When adjusting the standard deviation, it affects how tightly or widely the weights are spread around the mean. If the standard deviation is small, it indicates that most of the shoe weights are clustered closely around the mean. Conversely, a larger standard deviation implies that the weights deviate more from the mean. In part (b) of the exercise, by needing shoes to meet a certain weight requirement (99.9% weighing less than 13 ounces), we find that a smaller standard deviation of about 0.324 ounces is needed. This ensures less variability in the shoe weights, keeping more of them under the desired maximum weight.

The z-score is a statistic that tells us how far, in standard deviations, a particular value is from the mean of a dataset.

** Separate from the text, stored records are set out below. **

//! The letters that came too early.

ghost use Rattle.std.specs.Prelude.{◌≡◌, ◌≤◌, false, OnOk, IfOk, IsTrue, None, Some, filter, [], ◌∷◌};
ghost use Rattle.sqlite.specs.Held.{state};
ghost use Rattle.sqlite.specs.State.{HasCleanDisk, Survives, KeepsCommit};
ghost use Rattle.sqlite_trees.specs.Tree.{Trees};
ghost use Rattle.sqlite_trees.specs.View.{doubt};
ghost use Rattle.sqlite_value.specs.Order.{column};
ghost use Rattle.sql_rows.specs.Schema.{IsService};
ghost use Rattle.sql_rows.specs.Tables.{has_key, IsRising, IsCut, Puts, Edits, Stays, AreInOrder, place_key};
ghost use Rattle.sql_rows.specs.Tables.{letter_cells, by_pair, by_place, next_held};

use crate::statements::{int, read, text, write};
use sqlite::{Alter, Connection, Error, Row, Transaction};

/// Holds a letter that came too early.
pub fn put_held<S: Alter>(
    tx: &mut Transaction<'_, S>,
    sender: &str,
    receiver: &str,
    number: i64,
    body: &str,
) -> Result<usize, Error>
    requires schema { HasCleanDisk (state S.Store tx.old.conn.now)
        → IsService (state S.Store tx.old.conn.now).now.schema }
    requires rising { HasCleanDisk (state S.Store tx.old.conn.now)
        → IsRising ((state S.Store tx.old.conn.now).now.trees 7) }
    requires inside { HasCleanDisk (state S.Store tx.old.conn.now)
        → IsTrue (state S.Store tx.old.conn.now).in_transaction }
    ensures same_reference { tx.new.conn.ghost_name ≡ tx.old.conn.ghost_name }
    ensures ok { HasCleanDisk (state S.Store tx.new.conn.now) → OnOk result (Edits 7
        (Puts (place_key sender.now receiver.now number) (letter_cells sender.now receiver.now number body.now))
        (state S.Store tx.old.conn.now) (state S.Store tx.new.conn.now)) }
    ensures kept { HasCleanDisk (state S.Store tx.new.conn.now)
        → KeepsCommit (state S.Store tx.old.conn.now) (state S.Store tx.new.conn.now) }
    ensures survives { Survives (state S.Store tx.old.conn.now) (state S.Store tx.new.conn.now) (λ _. ⊥) }
{
    // REPLACE, for what a change says. An endpoint asks before: of two letters with one number the first stays.
    write(
        tx,
        "INSERT OR REPLACE INTO held (sender, receiver, number, body) VALUES (?1, ?2, ?3, ?4)",
        &[text(sender), text(receiver), int(number), text(body)],
    )
}

/// Takes a held letter away.
pub fn take_held<S: Alter>(
    tx: &mut Transaction<'_, S>,
    sender: &str,
    receiver: &str,
    number: i64,
) -> Result<usize, Error>
    requires schema { HasCleanDisk (state S.Store tx.old.conn.now)
        → IsService (state S.Store tx.old.conn.now).now.schema }
    requires rising { HasCleanDisk (state S.Store tx.old.conn.now)
        → IsRising ((state S.Store tx.old.conn.now).now.trees 7) }
    requires inside { HasCleanDisk (state S.Store tx.old.conn.now)
        → IsTrue (state S.Store tx.old.conn.now).in_transaction }
    ensures same_reference { tx.new.conn.ghost_name ≡ tx.old.conn.ghost_name }
    ensures ok { HasCleanDisk (state S.Store tx.new.conn.now) → OnOk result (Edits 7
        (IsCut (has_key (place_key sender.now receiver.now number)))
        (state S.Store tx.old.conn.now) (state S.Store tx.new.conn.now)) }
    ensures kept { HasCleanDisk (state S.Store tx.new.conn.now)
        → KeepsCommit (state S.Store tx.old.conn.now) (state S.Store tx.new.conn.now) }
    ensures survives { Survives (state S.Store tx.old.conn.now) (state S.Store tx.new.conn.now) (λ _. ⊥) }
{
    write(
        tx,
        "DELETE FROM held WHERE sender = ?1 AND receiver = ?2 AND number = ?3",
        &[text(sender), text(receiver), int(number)],
    )
}

/// The body of a held letter; no row, where it isn't held.
pub fn read_held<S: Alter>(
    conn: &mut Connection<S>,
    sender: &str,
    receiver: &str,
    number: i64,
) -> Result<Vec<Row>, Error>
    requires schema { HasCleanDisk (state S.Store conn.old) → IsService (state S.Store conn.old).now.schema }
    requires settled { HasCleanDisk (state S.Store conn.old)
        → (state S.Store conn.old).now ≡ (state S.Store conn.old).committed }
    requires autocommit { conn.old.in_transaction ≡ false }
    ensures rows { HasCleanDisk (state S.Store conn.new) → IfOk result (λ rows.
        AreInOrder by_place None (λ x. column x 4 ∷ [])
        (filter (has_key (place_key sender.now receiver.now number)) ((state S.Store conn.old).now.trees 7)) rows.items) }
    ensures autocommit { conn.new.in_transaction ≡ false }
    ensures open { HasCleanDisk (state S.Store conn.new) → OnOk result (IsTrue (state S.Store conn.new).is_open) }
    ensures stays { HasCleanDisk (state S.Store conn.new) → Stays (state S.Store conn.old) (state S.Store conn.new) }
    ensures clean { doubt (state S.Store conn.old).is_clean ≤ doubt (state S.Store conn.new).is_clean }
    ensures crash { HasCleanDisk (state S.Store conn.new) → (db : Trees)
        → (state S.Store conn.new).may_leave db → (state S.Store conn.old).may_leave db }
{
    read(
        conn,
        "SELECT body FROM held WHERE sender = ?1 AND receiver = ?2 AND number = ?3 \
         ORDER BY sender, receiver, number",
        &[text(sender), text(receiver), int(number)],
    )
}

/// The first pair that holds its next letter; no row, where none does.
pub fn read_drainable<S: Alter>(conn: &mut Connection<S>) -> Result<Vec<Row>, Error>
    requires schema { HasCleanDisk (state S.Store conn.old) → IsService (state S.Store conn.old).now.schema }
    requires settled { HasCleanDisk (state S.Store conn.old)
        → (state S.Store conn.old).now ≡ (state S.Store conn.old).committed }
    requires autocommit { conn.old.in_transaction ≡ false }
    ensures rows { HasCleanDisk (state S.Store conn.new) → IfOk result (λ rows.
        AreInOrder (λ a b. by_pair a.0 b.0) (Some 1) (λ x. column x.0 1 ∷ column x.0 2 ∷ [])
        (next_held ((state S.Store conn.old).now.trees 7) ((state S.Store conn.old).now.trees 5)) rows.items) }
    ensures autocommit { conn.new.in_transaction ≡ false }
    ensures open { HasCleanDisk (state S.Store conn.new) → OnOk result (IsTrue (state S.Store conn.new).is_open) }
    ensures stays { HasCleanDisk (state S.Store conn.new) → Stays (state S.Store conn.old) (state S.Store conn.new) }
    ensures clean { doubt (state S.Store conn.old).is_clean ≤ doubt (state S.Store conn.new).is_clean }
    ensures crash { HasCleanDisk (state S.Store conn.new) → (db : Trees)
        → (state S.Store conn.new).may_leave db → (state S.Store conn.old).may_leave db }
{
    // LEFT JOIN, as a pair of which nothing was handled yet has no row of marks.
    read(
        conn,
        "SELECT held.sender, held.receiver FROM held \
         LEFT JOIN in_marks ON held.sender = in_marks.sender AND held.receiver = in_marks.receiver \
         WHERE held.number = coalesce(in_marks.handled, 0) + 1 ORDER BY held.sender, held.receiver \
         LIMIT 1",
        &[],
    )
}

It's calculated using the formula: \[ z = \frac{x - \mu}{\sigma} \]where \( x \) is the specific value, \( \mu \) is the mean, and \( \sigma \) is the standard deviation of the dataset.
This score allows us to standardize different datasets on a common scale, making them easily comparable. In the exercise, we calculated the z-score for a shoe weighing 13 ounces when the mean weight is 12 ounces and the standard deviation is 0.5 ounces. The calculation:\[ z = \frac{13 - 12}{0.5} = 2 \]means this shoe's weight is 2 standard deviations above the mean. Utilizing z-scores, we can assess probabilities for different scenarios and make meaningful comparisons across different conditions or groups.

Probability is the measure of the likelihood that a particular event will occur. In the context of normal distribution, the probability of a specific outcome can be found using the z-score and corresponding z-table. The z-table provides the likelihood of a value being less than a specific z-score in a standard normal distribution.
For instance, to find the probability that a shoe weighs more than 13 ounces, we first calculated the z-score as 2. Then, by using the z-table, we found that the probability of a z-score less than 2 is 0.9772. Since we want the opposite (greater than 13 ounces), we take the complement:\[ P(Z > 2) = 1 - P(Z < 2) = 1 - 0.9772 = 0.0228 \]Thus, the probability that a shoe weighs more than 13 ounces is 0.0228, or 2.28%. These calculations are pivotal in determining how often certain events will likely happen based on your dataset's characteristics.

Mean, in statistics, represents the average of a dataset. By adjusting the mean, we essentially shift the entire dataset to the left or right on the number line without altering the spread. In the exercise, to ensure 99.9% of shoes weigh less than 13 ounces with a standard deviation remaining at 0.5 ounces, we calculated the required mean weight.
By utilizing the z-score of 3.090 for 99.9%, we solve:
\[ 3.090 = \frac{13 - \mu}{0.5} \]
This yields:\[ \mu = 13 - 1.545 = 11.455 \]
Thus, for the company to claim that most shoes meet the weight requirement with the original variability, the mean weight should be 11.455 ounces. Adjusting the mean ensures that the central tendency of the shoe weights aligns with desired specifications without changing the distribution's standard deviation.